そんな彼女が病欠と言うのだから、クラスメイトの中では殺人ウイルスでも出回ったのではないかしらと話題になったものだ。と同時に、彼女のことだから2,3日もすれば戻って来るであろうとこのときは誰もが思っていた。ところが1週間だっても彼女が教室に姿を現すことがなかったのでいよいよ殺人ウイルスを疑う余地がなくなったのである。だが現実はさらに怪奇なものであった。そして彼女の最大の不幸は、その事を誰も理解してくれないという点にあった。

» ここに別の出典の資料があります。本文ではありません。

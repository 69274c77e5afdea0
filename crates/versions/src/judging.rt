ghost use Rattle.std.specs.Prelude.{◌≡◌, ◌≤◌, ◌<◌, [], None, Some, IfErr, IfSome, OnOk, length};
ghost use Rattle.std.specs.Prelude.{position, slice_get};
ghost use Rattle.flow_dag.specs.Masks.{has as has_in};
ghost use Rattle.jobs.specs.Job.{job_view};
ghost use Rattle.jobs.specs.Kinds.{is_kind as is_kind_of};
ghost use Rattle.versions.specs.Book.{is_named as is_named_in};
ghost use Rattle.versions.specs.Judging.{fault_of, first_with as first_with_in};
ghost use Rattle.versions.specs.Judging.{has_fault as has_fault_in};
ghost use Rattle.versions.specs.Judging.{is_bad_carry as is_bad_carry_of};
ghost use Rattle.versions.specs.Judging.{is_count_at as is_count_node};
ghost use Rattle.versions.specs.Judging.{is_fixed_at as is_fixed_node};
ghost use Rattle.versions.specs.Judging.{is_stale_at as is_stale_node};
ghost use Rattle.versions.specs.Judging.{may_replace as may_replace_func};
ghost use Rattle.versions.specs.Judging.{may_replace_at as may_replace_current};
ghost use Rattle.versions.specs.Judging.{is_key as is_key_of};
ghost use Rattle.versions.specs.Judging.{is_late_split as is_late_split_of};
ghost use Rattle.versions.specs.Judging.{is_like as is_like_func, roof_at as roof_of_node};
ghost use Rattle.versions.specs.Judging.{late_split as late_split_of};
ghost use Rattle.versions.specs.Judging.{version_of as version_of_change};
ghost use Rattle.versions.specs.Judging.{whole_fault as whole_fault_of};

use crate::{Book, Change, Current, MAX_CHANGES, QFault, Request};
use flow_dag::{MAX_NODES, has_bit};
use jobs::{
    Func, Job, Kind, NodeDef, fan_out, fits, is_count, is_fixed, is_free, is_split, key_of,
    out_count,
};
use keyed_state::Carry;

/// Whether a request is accepted by a book, and else its first fault in the order of [`QFault`],
/// with the first change that has it.
///
/// `last_after` is the row of the latest accepted request, 0 before the first. Takes no memory.
pub fn judge(book: &Book, job: &Job, request: &Request, last_after: u64) -> Result<(), QFault>
    requires { length request.now.changes ≤ MAX_CHANGES }
    ensures ok { OnOk result (fault_of book.now (job_view job.now) request.now last_after ≡ None) }
    ensures err { IfErr result (λ fault. fault_of book.now (job_view job.now) request.now last_after
        ≡ Some fault) }
{
    let book = book.as_slice();
    let changes = request.changes.as_slice();
    if let Some(place) = first_with(Code::NoNode, book, job, changes) {
        return Err(QFault::NoNode(place + 1));
    }
    if let Some(place) = first_with(Code::Fixed, book, job, changes) {
        return Err(QFault::Fixed(place + 1));
    }
    if let Some(place) = first_with(Code::NodeTwice, book, job, changes) {
        return Err(QFault::NodeTwice(place + 1));
    }
    if let Some(place) = first_with(Code::Stale, book, job, changes) {
        return Err(QFault::Stale(place + 1, version_of(book, changes, place)));
    }
    if let Some(place) = first_with(Code::IllTyped, book, job, changes) {
        return Err(QFault::IllTyped(place + 1));
    }
    if let Some(place) = first_with(Code::KindOrKey, book, job, changes) {
        return Err(QFault::KindOrKey(place + 1));
    }
    if let Some(place) = first_with(Code::BadCarry, book, job, changes) {
        return Err(QFault::BadCarry(place + 1));
    }
    whole_fault(request, last_after).map_or(Ok(()), Err)
}

fn whole_fault(request: &Request, last_after: u64) -> Option<QFault>
    ensures { result ≡ whole_fault_of request.now last_after }
{
    if request.changes.is_empty() {
        Some(QFault::Empty)
    } else if request.after < last_after {
        Some(QFault::Backwards(last_after))
    } else {
        None
    }
}

/// The fault of the first change that makes a split of a node that the mask leaves out. Takes no
/// memory.
pub(crate) fn late_split(splits: u64, changes: &[Change]) -> Option<QFault>
    requires { length changes.now ≤ MAX_CHANGES }
    ensures { result ≡ late_split_of splits changes.now }
{
    let place = first_late_split(splits, changes)?;
    Some(QFault::LateSplit(place as u32 + 1))
}

fn first_late_split(splits: u64, changes: &[Change]) -> Option<usize>
    ensures first { result ≡ position (is_late_split_of splits) changes.now }
    ensures inside { IfSome result (λ place. place < length changes.now) }
{
    changes
        .iter()
        .position(|change| is_late_split(splits, change))
}

fn is_late_split(splits: u64, change: &Change) -> bool
    ensures { result ≡ is_late_split_of splits change.now }
{
    is_split(&change.func) && !has(splits, change.node)
}

// Whether a mask has a node, of any number.
fn has(mask: u64, node: u32) -> bool
    ensures { result ≡ has_in mask node }
{
    (node as usize) < MAX_NODES && has_bit(mask, node)
}

/// A fault that names a change.
#[derive(Clone, Copy)]
enum Code {
    NoNode,
    Fixed,
    NodeTwice,
    Stale,
    IllTyped,
    KindOrKey,
    BadCarry,
}

/// The place of the first change with this fault, counted from 0.
fn first_with(code: Code, book: &[Current], job: &Job, changes: &[Change]) -> Option<u32>
    requires { length changes.now ≤ MAX_CHANGES }
    ensures first { result ≡ first_with_in code book.now (job_view job.now) [] changes.now }
    ensures inside { IfSome result (λ place. place < MAX_CHANGES) }
{
    for place in 0..changes.len() {
        if has_fault(code, book, job, &changes[..place], &changes[place]) {
            return Some(place as u32);
        }
    }
    None
}

fn has_fault(code: Code, book: &[Current], job: &Job, before: &[Change], change: &Change) -> bool
    ensures { result ≡ has_fault_in code book.now (job_view job.now) before.now change.now }
{
    let nodes = job.nodes.as_slice();
    match code {
        Code::NoNode => change.node as usize >= nodes.len(),
        Code::Fixed => is_fixed_at(nodes, change.node),
        Code::NodeTwice => is_named(before, change.node),
        Code::Stale => is_stale_at(book, change.node, change.from),
        Code::IllTyped => !fits(job, &change.func),
        Code::KindOrKey => {
            let once = out_count(job.dag.all_edges(), change.node) == 1;
            let roof = roof_at(nodes, change.node);
            !may_replace_at(book, change.node, &change.func, roof, once)
        }
        Code::BadCarry => is_bad_carry(is_count_at(nodes, change.node), change.carry),
    }
}

fn is_fixed_at(nodes: &[NodeDef], node: u32) -> bool
    ensures { result ≡ is_fixed_node (slice_get nodes.now node) }
{
    match nodes.get(node as usize) {
        Some(found) => is_fixed(&found.func),
        None => false,
    }
}

fn is_named(changes: &[Change], node: u32) -> bool
    ensures { result ≡ is_named_in changes.now node }
{
    changes.iter().any(|change| change.node == node)
}

fn is_stale_at(book: &[Current], node: u32, from: u64) -> bool
    ensures { result ≡ is_stale_node (slice_get book.now node) from }
{
    match book.get(node as usize) {
        Some(current) => current.version != from,
        None => false,
    }
}

fn may_replace_at(book: &[Current], node: u32, new: &Func, roof: u32, once: bool) -> bool
    ensures { result ≡ may_replace_current (slice_get book.now node) new.now roof once }
{
    match book.get(node as usize) {
        Some(current) => may_replace(&current.func, new, roof, once),
        None => true,
    }
}

fn may_replace(current: &Func, new: &Func, roof: u32, once: bool) -> bool
    ensures { result ≡ may_replace_func current.now new.now roof once }
{
    (is_like(current, new) || (is_free(current) && is_free(new) && once)) && fan_out(new) <= roof
}

fn is_like(current: &Func, new: &Func) -> bool
    ensures { result ≡ is_like_func current.now new.now }
{
    !is_fixed(current)
        && is_kind(current.kind(), new.kind())
        && is_key(key_of(current), key_of(new))
}

fn is_kind(current: Kind, new: Kind) -> bool
    ensures { result ≡ is_kind_of current new }
{
    current == new
}

fn is_key(current: Option<u32>, new: Option<u32>) -> bool
    ensures { result ≡ is_key_of current new }
{
    current == new
}

/// The roof of a node, and 1 if there is none.
fn roof_at(nodes: &[NodeDef], node: u32) -> u32
    ensures { result ≡ roof_of_node (slice_get nodes.now node) }
{
    match nodes.get(node as usize) {
        Some(found) => found.roof,
        None => 1,
    }
}

fn is_count_at(nodes: &[NodeDef], node: u32) -> bool
    ensures { result ≡ is_count_node (slice_get nodes.now node) }
{
    match nodes.get(node as usize) {
        Some(found) => is_count(&found.func),
        None => false,
    }
}

fn is_bad_carry(counts: bool, carry: Carry) -> bool
    ensures { result ≡ is_bad_carry_of counts carry }
{
    match carry {
        Carry::Keep => false,
        Carry::Reset | Carry::DropBelow(_) => !counts,
        Carry::Scale(_, over) => !counts || over < 1,
    }
}

/// The version of the node of the change at a place.
fn version_of(book: &[Current], changes: &[Change], place: u32) -> u64
    ensures { result ≡ version_of_change book.now (slice_get changes.now place) }
{
    match changes.get(place as usize) {
        Some(change) => match book.get(change.node as usize) {
            Some(current) => current.version,
            None => 0,
        },
        None => 0,
    }
}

さて、話を彼女の部屋に戻そう。彼女は今何をするわけでもなくベットの腰をかけ自室のドアノブを見つめていた。普通のドアノブ。だがそれを見つめる彼女の目には恐怖の色がしっかりと写っている。外からは学校帰りの子供の声が聞こえる。カーテンはしまっているが外には夕日が輝いているだろう。日はすっかり長くなってしまった。もうすぐ梅雨になるだろう。新しいクラスと馴染めてないうちにこんなことになってしまって、他の友達は心配してるかしらんと彼女は考えた。自分だけGWが長くなったと最初は少し喜んでいたが今は悲しさしか残っていない。尚子の家族は、こともあろうに彼女に怒った。無論最初こそ寄り添っていてくれていたが今ではなんと聞き分けのない子だろうと彼女を罵った。このままではまた今夜も嫌味を言われると思うと目の奥が熱くなるのを感じた。それでも彼女が今日まで自分を失わなかったのは、一人の友達のおかげであるとはっきり言えた。毎日その日の学校での些細な出来事を伝えに来てくれる尚子のかけがえのない友達。もうすぐその友達が見える時間だ。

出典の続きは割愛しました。